FROM: Esquire
We occasionally still get some news about the Fukushima nuclear disaster which, of course, happened 200 years ago and is of no interest at all in our current news cycle.
Most of it truly sucks.
He isn't a social worker. He's a recruiter. The men in Sendai Station are potential laborers that Sasa can dispatch to contractors in Japan's nuclear disaster zone for a bounty of $100 a head. "This is how labor recruiters like me come in every day," Sasa says, as he strides past men sleeping on cardboard and clutching at their coats against the early winter cold. It's also how Japan finds people willing to accept minimum wage for one of the most undesirable jobs in the industrialized world: working on the $35 billion, taxpayer-funded effort to clean up radioactive fallout.
Below these official subcontractors, a shadowy network of gangsters and illegal brokers who hire homeless men has also become active in Fukushima. Ministry of Environment contracts in the most radioactive areas of Fukushima prefecture are particularly lucrative because the government pays an additional $100 in hazard allowance per day for each worker.

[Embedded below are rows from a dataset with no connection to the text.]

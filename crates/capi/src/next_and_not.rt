//! Exported to C and Rust: the search for a flag that is set in one mask and not in another.
#![tactic(auto, using(masks::proofs::refusal::ClauseLaws::answered), unfolding(masks::specs::equations::NextAndNot::next_and_not_of))]

ghost use Rattle.std.specs.Prelude.{◌≡◌};
ghost use Rattle.masks.specs.equations.Answer.{answer};
ghost use Rattle.masks.specs.equations.NextAndNot.{next_and_not_of};
ghost use Rattle.capi.specs.Answers.{as_next};
ghost use Rattle.capi.specs.Records.{mask_in, optional_in};

use crate::answers::NextAnswer;
use crate::records::{Mask, optional_in};
use masks::next_and_not::{NextFlag, next_and_not};
use masks::refusal::Refusal;

#[tactic(auto, unfolding(crate::specs::Answers::as_next))]
impl From<Result<NextFlag, Refusal>> for NextAnswer {
    ghost from_gives = { λ r a. a ≡ as_next (answer r) };

    fn from(r: Result<NextFlag, Refusal>) -> NextAnswer {
        match r {
            Ok(f) => NextAnswer {
                refusal: 0,
                found: f.position.is_some(),
                position: f.position.unwrap_or(0),
                windows: f.windows,
            },
            Err(e) => NextAnswer {
                refusal: e.into(),
                ..NextAnswer::default()
            },
        }
    }
}

/// Returns the first position at or after `from` that is set in the first mask and not in the second, else the first such position from 0;
/// `found` is false if there is no such position. If `second_present` is false there is no second mask, which means all zeros: its record
/// and bytes are not read, and refusal 5 does not occur. `windows` counts the windows of 32 flags read: they begin at `from` and every 32
/// flags after it, below the length, then at 0 and every 32 flags after it, below `from`; the last one read holds the position, or all
/// are read. A `from` equal to the length is allowed; above it the call is refused with 6.
///
/// ```
/// use poruwhina::calls::{next_and_not, try_new};
///
/// let mask = try_new(&[0; 5], 0, 40).mask;
/// let (permitted, revoked) = ([0x08, 0, 0, 0, 0x48], [0x08, 0, 0, 0, 0x40]); // 3, 35, 38 and 3, 38
/// let found = next_and_not(mask, &permitted, true, mask, &revoked, 36);
/// assert_eq!((found.position, found.windows), (35, 3)); // windows at 36, 0 and 32
/// assert_eq!(next_and_not(mask, &permitted, false, mask, &[], 36).position, 38);
/// assert_eq!(next_and_not(mask, &permitted, false, mask, &[], 41).refusal, 6);
/// ```
#[unsafe(no_mangle)]
pub extern "C" fn pw_next_and_not(
    first: Mask,
    first_bytes: &[u8],
    second_present: bool,
    second: Mask,
    second_bytes: &[u8],
    from: usize,
) -> NextAnswer
    ensures { result ≡
        as_next (next_and_not_of (mask_in first) first_bytes.now (optional_in second_present second) second_bytes.now from) }
{
    next_and_not(
        first.into(),
        first_bytes,
        optional_in(second_present, second),
        second_bytes,
        from,
    )
    .into()
}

It really is time. Japan cannot or will not confront the extent of this disaster, nor will it be honest about it with the rest of the world. Fukushima is having severe consequences
far from the site of the catastrophe. Great parts of the Pacific are dying. This is a world calamity, and the answer on the ground is for gangsters to round up the indigent every morning and put them to work scrubbing the radiation out of the rocks. This is not enough. It is time for TEPCO and for Japan to get out of the way.